Saturday, September 22, 2012

Editing


Writing is not easy.

Reading, I suspect, alters our perception.

We pick up a book and relish the prose, yet think not of the craft. We consume, yet think not of the production.

Gifted writers entice and captivate with rivulets and torrents of words which, in their very juxtaposition, generate images, evoke feelings, signify a mood, set a scene. Good writing belies the labor of the craft, for it impresses upon the reader an eloquence, a rhythm, a flow, an economy of words that, in its precision, exemplifies efficiency.

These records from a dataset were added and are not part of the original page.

// `keep < line > journal` keeps every frame of a line with its words, as soon as it is handed out.
#![tactic(auto)]

use frame::Frame;
use journal::Kept;
use reader::{Answer, Reader};
use std::io::{Read, Stdin};

// The file number of standard output.
const STDOUT: i32 = 1;

// The file number of standard error.
const STDERR: i32 = 2;

// What the system failed with.
#[derive(Clone, Copy, Debug, PartialEq, Eq)]
enum Failure {
    Line,
    Journal,
}

// Says what failed.
fn say(failure: Failure) {
    let words: &[u8] = match failure {
        Failure::Line => b"keep: the line cannot be read\n",
        Failure::Journal => b"keep: the journal cannot be written\n",
    };
    io::write_all(STDERR, words);
}

// Writes a frame's record. No frame that is handed out is refused, and the longest record has 135 bytes.
fn keep_frame(frame: Frame) -> Result<(), Failure> {
    let mut record = [0u8; 135];
    let Kept::Done(length) = journal::keep_words(frame, &mut record) else {
        return Ok(());
    };
    if length > 135 {
        return Ok(());
    }
    if io::write_all(STDOUT, &record[..length]) {
        Ok(())
    } else {
        Err(Failure::Journal)
    }
}

// Takes the frames that wait and keeps them, until none waits. The turns are counted up to a number that no run uses up.
fn keep_waiting(reader: Reader) -> Result<Reader, Failure> {
    let mut state = reader;
    for _ in 0..u64::MAX {
        let took = reader::take(state);
        let answer = took.answer;
        state = took.reader;
        let Answer::Done = answer else {
            break;
        };
        keep_frame(took.frame)?;
    }
    Ok(state)
}

// Feeds bytes, and keeps each frame before any byte behind it is fed. A reader whose frames are taken uses a byte at least of those that it is fed.
fn keep_bytes(reader: Reader, bytes: &[u8]) -> Result<Reader, Failure> {
    let mut state = reader;
    let mut rest = bytes;
    for _ in 0..bytes.len() {
        let fed = reader::feed_all(state, rest);
        state = keep_waiting(fed.reader)?;
        rest = rest.get(fed.used..).unwrap_or_default();
        if rest.is_empty() {
            break;
        }
    }
    Ok(state)
}

// Reads once, and keeps the frames that what came completes; none where the input is at its end.
fn keep_some(mut line: Stdin, reader: Reader) -> Result<Option<Reader>, Failure> {
    let mut input = io::large_buffer();
    let n = line.read(&mut input).map_err(|_| Failure::Line)?;
    if n == 0 {
        return Ok(None);
    }
    keep_bytes(reader, &input[..n]).map(Some)
}

// Keeps all of standard input, and the frames that its end releases.
fn keep_all(line: Stdin) -> Result<(), Failure> {
    let mut state = reader::new();
    for _ in 0..u64::MAX {
        let Some(next) = keep_some(line, state)? else {
            let ended = reader::end(state);
            keep_waiting(ended.reader)?;
            return Ok(());
        };
        state = next;
    }
    Ok(())
}

fn main(rt: HostRuntime) {
    if let Err(failure) = keep_all(rt.stdin()) {
        say(failure);
    }
}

The activity of writing is much, much messier.
 
Nay, writing is brutal: brutal only because good writing entails not simply composition but editing, or a curious, objective, unsentimental, unforgiving approach to one's work. Editing demands disposal of the product, excision of text; reconstruction of prose; revision of ideas. It demands we confront our best work and declare it ineffective, in need of improvement.

Nature proves an apt model. I've complained this summer of my Sclerotium rolfsii which has killed ever so much in my garden. I've complained of drought. And now I complain about all of the empty spaces.


But as I walked around this morning, I was struck by how effective an editor nature really is.

What remains is an essence: a prominence of elegant burgundies and purples, as supplied by the vibrant ethereal hues of Tall Purpletop Verbena against those svelte limbs of Rose Mallow, which deepen in intensity as the days grow shorter,

which contrast so perfectly with the silvery hues of Helene von Stein Lamb's Ear when set against a backdrop of the Happy Single Flame dahlia (which has produced hundreds of buds and few flowers owing to a parasite that eats the buds from the inside out). 






On the lower level in the front garden, Helene von Stein finds company with Eupatorium 'Chocolate' Snakeroot, which itself is paired (deliberately) with Lavatera Red Rum so as to accentuate the latter's burgundy stems.


The effect is, if I may, one of Teutonic efficiency, and militaristic precision.